• [Instructions for the task]:
Return the lines of the data below in which the string "right" occurs.
* * * * * * *
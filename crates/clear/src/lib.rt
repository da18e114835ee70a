// What is clear of macros: whether a closed box, or another interior, meets a macro's interior, and whether two places are clear of each
// other among the macros of a flat list.
#![tactic(auto)]

ghost use Rattle.std.specs.Prelude.{◌≡◌, true, ◌+◌, ◌*◌, ◌≤◌, length, is_none};
ghost use Rattle.lists.specs.Any.{any};
ghost use Rattle.plane.specs.Macro.{span_meets, meets, open_spans_meet, interiors_meet, clear};
ghost use Rattle.plane.specs.Flat.{macros_of, macro_at};

use plane::{Macro, Place};

// The i-th macro of a flat list.
pub fn macro_at(macros: &[i32], i: usize) -> Macro
    requires { i * 4 + 4 ≤ length macros.now }
    ensures { result ≡ macro_at macros.now i }
{
    let k = i * 4;
    Macro {
        left: macros[k],
        bottom: macros[k + 1],
        right: macros[k + 2],
        top: macros[k + 3],
    }
}

// The closed span of a and b meets the open one between from and to.
#[tactic(auto, unfolding(plane::specs::Macro::span_meets))]
fn span_meets(a: i32, b: i32, from: i32, to: i32) -> bool
    ensures { result ≡ span_meets a b from to }
{
    plane::smaller(a, b) < to && from < plane::greater(a, b)
}

// The closed box of a and b meets the interior of m.
#[tactic(auto, unfolding(plane::specs::Macro::meets))]
pub fn box_meets(a: Place, b: Place, m: Macro) -> bool
    ensures { result ≡ meets a b m }
{
    span_meets(a.x, b.x, m.left, m.right) && span_meets(a.y, b.y, m.bottom, m.top)
}

// The open spans from a to b and from c to d meet.
#[tactic(auto, unfolding(plane::specs::Macro::open_spans_meet))]
fn open_spans_meet(a: i32, b: i32, c: i32, d: i32) -> bool
    ensures { result ≡ open_spans_meet a b c d }
{
    plane::greater(a, c) < plane::smaller(b, d)
}

// The interiors of m and n meet.
#[tactic(auto, unfolding(plane::specs::Macro::interiors_meet))]
pub fn interiors_meet(m: Macro, n: Macro) -> bool
    ensures { result ≡ interiors_meet m n }
{
    open_spans_meet(m.left, m.right, n.left, n.right)
        && open_spans_meet(m.bottom, m.top, n.bottom, n.top)
}

// The i-th macro is one that blocks.
#[tactic(auto, using(crate::proofs::BlockLaws::one_meets))]
fn is_blocked(a: Place, b: Place, macros: &[i32], i: usize) -> bool
    ensures { result ≡ true → any (meets a b) (macros_of macros.now) ≡ true }
{
    i < macros.len() / 4 && box_meets(a, b, macro_at(macros, i))
}

// The first macro that blocks, of all; none where the box of a and b meets no macro's interior.
fn look_around(a: Place, b: Place, macros: &[i32]) -> Option<usize>
    ensures { is_none result ≡ clear a b (macros_of macros.now) }
{
    for i in 0..macros.len() / 4 {
        if box_meets(a, b, macro_at(macros, i)) {
            return Some(i);
        }
    }
    None
}

// The box of a and b meets no macro's interior.
pub fn is_clear(a: Place, b: Place, macros: &[i32]) -> bool
    ensures { result ≡ clear a b (macros_of macros.now) }
{
    look_around(a, b, macros).is_none()
}

// A macro that blocks, if one does, whatever `by` is: the macro of that number is asked first, since what blocked once often blocks again.
#[tactic(auto, unfolding(plane::specs::Macro::clear))]
pub fn look(a: Place, b: Place, macros: &[i32], by: usize) -> Option<usize>
    ensures { is_none result ≡ clear a b (macros_of macros.now) }
{
    if is_blocked(a, b, macros, by) {
        Some(by)
    } else {
        look_around(a, b, macros)
    }
}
* * * * * * *
• [Output of the task]:
        right: macros[k + 2],
    span_meets(a.x, b.x, m.left, m.right) && span_meets(a.y, b.y, m.bottom, m.top)
    open_spans_meet(m.left, m.right, n.left, n.right)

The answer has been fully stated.